No journalist or publisher should be held hostage by the commercial or political whims of an Internet service provider. In the end, however, the biggest media companies aren’t likely worried about this court decision. As Stacey Higginbotham wrote:
In many ways this will be a win for the large content companies such as Disney or Viacom. Yes, they might have to pay for prioritization on the broadband networks, but they have deep pockets and such a move would help them ensure their content continues to reach consumer eyeballs as the television industry fragments online. It’s possible we could see the emergence of a pay TV bundle of content that is either exempt from caps or just delivered with pristine quality while YouTube videos sputter.
But it is not just sputtering YouTube videos we need to worry about. It is people’s ability to access the independent journalism and diverse voices, which have thrived on the Web.

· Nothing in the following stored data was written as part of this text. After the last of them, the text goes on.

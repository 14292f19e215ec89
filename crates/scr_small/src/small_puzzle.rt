//! A puzzle that one table solves, as an event that states are drawn of.
ghost use Rattle.std.specs.Prelude.{◌≡◌, ◌↔◌, ℕ, nat_le, IsTrue};
ghost use Rattle.std.proofs.Props.{props};
ghost use Rattle.scr_combinatorics.specs.Reach.{Needs};
ghost use Rattle.scr_small.specs.NumberedPuzzles.{numbered_as_puzzle};
ghost use Rattle.scr_small.specs.SolvedByTable.{IsScrambleByTable};
ghost use Rattle.scr_small.specs.Tables.{entry_at};

use crate::one_table::OneTable;
use crate::scrambles::{needs_of, scramble_of};
use crate::tables::SmallTables;
use scr_draw::{NumberedStates, Numbering, Permit};
use scr_notation::Scramble;

/// A puzzle that one table solves, with its built table, which tells how many turns each state needs.
#[derive(Drop)]
pub struct SmallPuzzle<'a, P: OneTable> {
    tables: &'a SmallTables,
    numbers: P,
    ghost event: { tables.now.event ≡ P.TABLE.event },
    ghost exact: { (s : P.State) (least : ℕ) → (P.numbered numbers).IsValid s
        → IsTrue (nat_le least (entry_at tables.now (P.shown.numbered.number_of s)))
        ↔ Needs (numbered_as_puzzle P.shown) s least } by { Prim.hlevel props },
}

impl<'a, P: OneTable> SmallPuzzle<'a, P> {
    /// The puzzle. The tables are those of its event.
    pub fn new(tables: &'a SmallTables) -> SmallPuzzle<'a, P>
        requires { tables.now.event ≡ P.TABLE.event }
    {
        let _table = tables.only();
        SmallPuzzle {
            tables,
            numbers: P::numbers(),
        }
    }

    /// The scramble of a state: the first word that solves it, taken back.
    pub fn scramble(&self, state: &P::State) -> Scramble
        ensures { IsScrambleByTable P.shown P.TABLE state.now result }
    {
        scramble_of::<P>(self.tables, state)
    }
}

impl<P: OneTable> NumberedStates<P::State> for SmallPuzzle<'_, P> {
    ghost numbered = { λ small. P.numbered small.numbers };
}

impl<P: OneTable> Numbering for SmallPuzzle<'_, P> {
    type State = P::State;

    fn count(&self) -> u128 {
        self.numbers.count()
    }

    fn state_at(&self, number: u128) -> P::State {
        self.numbers.state_at(number)
    }

    fn number_of(&self, state: &P::State) -> u128 {
        self.numbers.number_of(state)
    }
}

impl<P: OneTable> Permit<P::State> for SmallPuzzle<'_, P> {
    ghost puzzle = { λ _. numbered_as_puzzle P.shown };

    ghost greatest = { λ _. P.TABLE.bound };

    ghost needs = { λ small s least. nat_le least (entry_at small.tables.now (P.shown.numbered.number_of s)) };

    fn needs_at_least(&self, state: &P::State, least: u32) -> bool {
        needs_of::<P>(self.tables, state, least)
    }

    ghost exact = { λ small s least _ _ valid. small.exact s least valid };
}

In 2009 a coalition of nearly 50 online journalism innovators sent a letter to the FCC, calling on the commissioners to protect the open Internet. “Net Neutrality ensures that innovative local news websites and national nonprofit reporting projects can be accessed just as easily as legacy media sites,” they wrote. “Net Neutrality encourages journalists to pioneer new tools and modes of reporting and lowers the bar for citizens to participate.”
Net neutrality is about creating a level playing field for all voices.
In an ironic twist, when it argued against net neutrality at the federal appeals court, Verizon claimed it actually had a First Amendment right to block and censor Internet users. And while the court largely ignored Verizon’s First Amendment claims, its ultimate decision essentially gave Verizon the green light begin “editing” the Internet.
As more and more news and information moves online, we need to ensure that the flow of online information is free and unencumbered. Traditional battles over press freedom are critical, as the recent Committee to Protect Journalists report so clearly showed, but today we also have to understand that keeping the Internet free goes hand in hand with keeping the press free.
The court decision this week is bad news for the Internet and for independent media, but it is not the last word in this debate.
The Federal Communications Commission can reclassify broadband as what it is: the fundamental communications infrastructure of our time. That simple action would re-establish its legal authority and ensure that its can protect consumers and journalists from online discrimination. Protecting freedom of the press can’t stop online.
* Because of the conditions placed on their deal to buy NBC in 2011, Comcast has to abide by net neutrality principles until 2018 regardless of this court case.